▶ _WORK REQUEST_: Search the material for "self" and copy each line in which it is found.

'''

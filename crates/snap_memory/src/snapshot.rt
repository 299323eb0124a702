//! The answer of a scan, in memory that is allocated once and filled again and again.
ghost use Rattle.std.specs.Prelude.{◌≡◌, ℕ, ◌<◌, List, [], length, slice_get, Some, IfOk, replicate};
ghost use Rattle.snap_history.specs.Limits.{IsShort};

use snap_register::SnapshotBuf;
use std::alloc::{AllocError, Global};
use std::marker::Model;

/// The number and the value of each segment, as a scan found them.
#[derive(Drop)]
pub struct Snapshot {
    pub(crate) buf: SnapshotBuf,
}

impl Model for Snapshot {
    ghost use Rattle.std.specs.Prelude.{ℕ, List};

    ghost Value = { List (ℕ × List ℕ) };

    ghost view = { λ s. s.buf };
}

impl Snapshot {
    /// Room for `n` segments, 4,096 bytes each. At first each has number 0 and the empty value.
    pub fn new(alloc: Global, n: usize) -> Result<Snapshot, AllocError>
        ensures size { IfOk result (λ s. length s ≡ n) }
        ensures values { IfOk result (λ s. s ≡ replicate n (0, [])) }
    {
        Ok(Snapshot {
            buf: SnapshotBuf::new(alloc, n)?,
        })
    }

    /// How many segments it has room for.
    pub fn len(&self) -> usize
        ensures { result ≡ length self.now }
    {
        self.buf.len()
    }

    /// The number of segment `i`.
    pub fn number(&self, i: usize) -> u64
        requires { i < length self.now }
        ensures { (x : ℕ × List ℕ) → slice_get self.now i ≡ Some x → result ≡ x.0 }
    {
        self.buf.number(i)
    }

    /// The value of segment `i`.
    pub fn value(&self, i: usize) -> &[u8]
        requires { i < length self.now }
        ensures value { (x : ℕ × List ℕ) → slice_get self.now i ≡ Some x → result.now ≡ x.1 }
        ensures size { IsShort result.now }
    {
        self.buf.value(i)
    }
}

'''

▶ _RESPONSE_:
    pub fn len(&self) -> usize
        ensures { result ≡ length self.now }
        self.buf.len()
    pub fn number(&self, i: usize) -> u64
        requires { i < length self.now }
        ensures { (x : ℕ × List ℕ) → slice_get self.now i ≡ Some x → result ≡ x.0 }
        self.buf.number(i)
    pub fn value(&self, i: usize) -> &[u8]
        requires { i < length self.now }
        ensures value { (x : ℕ × List ℕ) → slice_get self.now i ≡ Some x → result.now ≡ x.1 }
        self.buf.value(i)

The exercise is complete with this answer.